Return to the example of groups and group homomorphisms, and look at products. At each level, the product is the direct product of the groups. To go from one level to the next, there is a homomorphism from each component group into the next. This implies a homomorphism from the first product into the second. Run the individual homomorphisms within their components, and the result is a group homomorphism. Furthermore, the map between products commutes with projections and the maps on component groups. Within the categories of graded groups, graded rings, and graded modules, direct product is well defined.
A functor is a map from one category into another that is compatible with the morphisms of both categories.
Let f be a functor from the category C into the category D. If X and Y are objects in C, with a morphism from X to Y, then there is a morphism in D from f(X) to f(Y), and the functor implies a correspondence between the morphism from X to Y and the morphism from f(X) to f(Y). In other words, the functor carries objects to objects and morphisms to morphisms, so that the diagram commutes.
A functor is a bit like a homomorphism, but at a higher level. What happens upstairs corresponds to what happens downstairs.

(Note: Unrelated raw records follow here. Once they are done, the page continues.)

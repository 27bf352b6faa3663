//! What is reported of ops that were taken.

ghost use Rattle.std.specs.Prelude.{◌≡◌, ◌+◌, ◌++◌, ◌<◌, ◌≤◌, take, drop, length, vec_capacity, vec_len, IfOk, OnOk};
ghost use Rattle.std.specs.List.{insert};
ghost use Rattle.sr_receive.specs.Reports.{outcome_report, outcome_reports};

use sr_base::{Copied, Name, NoMemory, Offset};
use sr_logform::{Op, Outcome};
use sr_receive_gather::Report;
use std::alloc::{AllocError, Global};

/// The reports of a transaction's ops, numbered from 1.
pub(crate) fn reports_of(
    alloc: Global,
    user: &Name,
    at: Offset,
    ops: &[(Op, Outcome)],
) -> Result<Vec<Report>, NoMemory>
    ensures reports { IfOk result (λ reports. reports.items ≡ outcome_reports user.now at 1 ops.now) }
{
    let mut reports = Vec::new(alloc);
    let mut number = 1;
    let mut left = ops;
    'ops: while let Some((pair, rest)) = left.split_first() {
        push_report(alloc, &mut reports, user, at, number, &pair.1)?;
        let Some(next) = number.checked_add(1) else {
            return Err(AllocError);
        };
        number = next;
        left = rest;
    }
    Ok(reports)
}

/// The report of an op, by its outcome.
fn push_report(
    alloc: Global,
    reports: &mut Vec<Report>,
    user: &Name,
    at: Offset,
    op: u32,
    outcome: &Outcome,
) -> Result<(), NoMemory>
    ensures reports { OnOk result (reports.new.items ≡ reports.old.items ++ outcome_report user.now at op outcome.now) }
{
    match outcome {
        Outcome::Plain(_) => {}
        Outcome::Conflict { .. } => reports.push(Report::Conflict {
            user: user.copy(alloc)?,
            at,
            op,
        })?,
        Outcome::Clash(clash) => reports.push(Report::Clash {
            user: user.copy(alloc)?,
            at,
            op,
            clash: *clash,
        })?,
    }
    Ok(())
}

/// Puts a report at a place, where there is room for it.
fn insert_within(reports: &mut Vec<Report>, at: usize, report: Report)
    requires within { at ≤ length reports.old.items }
    requires room { vec_len reports.old < vec_capacity reports.old }
    ensures items { reports.new.items ≡ insert reports.old.items at report }
    ensures length { vec_len reports.new ≡ vec_len reports.old + 1 }
    ensures capacity { vec_capacity reports.old ≤ vec_capacity reports.new }
{
    match reports.insert(at, report) {
        Ok(()) => (),
        Err(_) => (),
    }
}

/// Puts reports, for which there is room, after those of ops, which end at `at`, and before those of torn windows; answers the place after
/// them.
pub(crate) fn insert_all(reports: &mut Vec<Report>, at: usize, made: Vec<Report>) -> usize
    requires within { at ≤ length reports.old.items }
    requires room { vec_len reports.old + length made.items ≤ vec_capacity reports.old }
    ensures next { result ≡ at + length made.items }
    ensures inserted { reports.new.items ≡ take at reports.old.items ++ (made.items ++ drop at reports.old.items) }
{
    let mut next = at;
    'reports: for report in made {
        insert_within(reports, next, report);
        next += 1;
    }
    next
}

A functor must be compatible with composition. Consider the objects X Y and Z in C. A morphism from X to Y, and a morphism from Y to Z, implies a specific morphism from X to Z. This is usually function composition in a concrete category. Apply f, and find three objects and three morphisms in D. The third morphism in D must be the composition of the first two morphisms in D. This usually follows, in a natural way, from the construction of f, but you should always take a moment to prove it.
Algebraic topology is full of functors. The most familiar is the fundamental group of a topological space, denoted π(S). A continuous function from S into T induces a group homomorphism from π(S) into π(T).
I have described, thus far, a covariant functor. If f is a contravariant functor, then each morphism from X to Y implies a reverse morphism from f(Y) to f(X). Again, f must respect composition, so that X → Y and Y → Z implies X → Z maps to f(Z) → f(Y) and f(Y) → f(X) implies f(Z) → f(X). A classic example is galois theory, where embedding of field extensions corresponds to embedding of galois groups in reverse.
When inclusion corresponds to inclusion (covariant), or containment (contravariant), composition is never a problem. More generally, if there is at most one morphism between any two objects in the category, such as embedding, then the morphism from X to Z maps to the only possible morphism from f(X) to f(Z), which is the correct one, as dictated by composition.
There is much more to say about categories and functors, entire textbooks in fact, but in most branches of mathematics you only need a working knowledge of these topics to get by. We have enough machinery to describe specR as a contravariant functor, and that will do for now.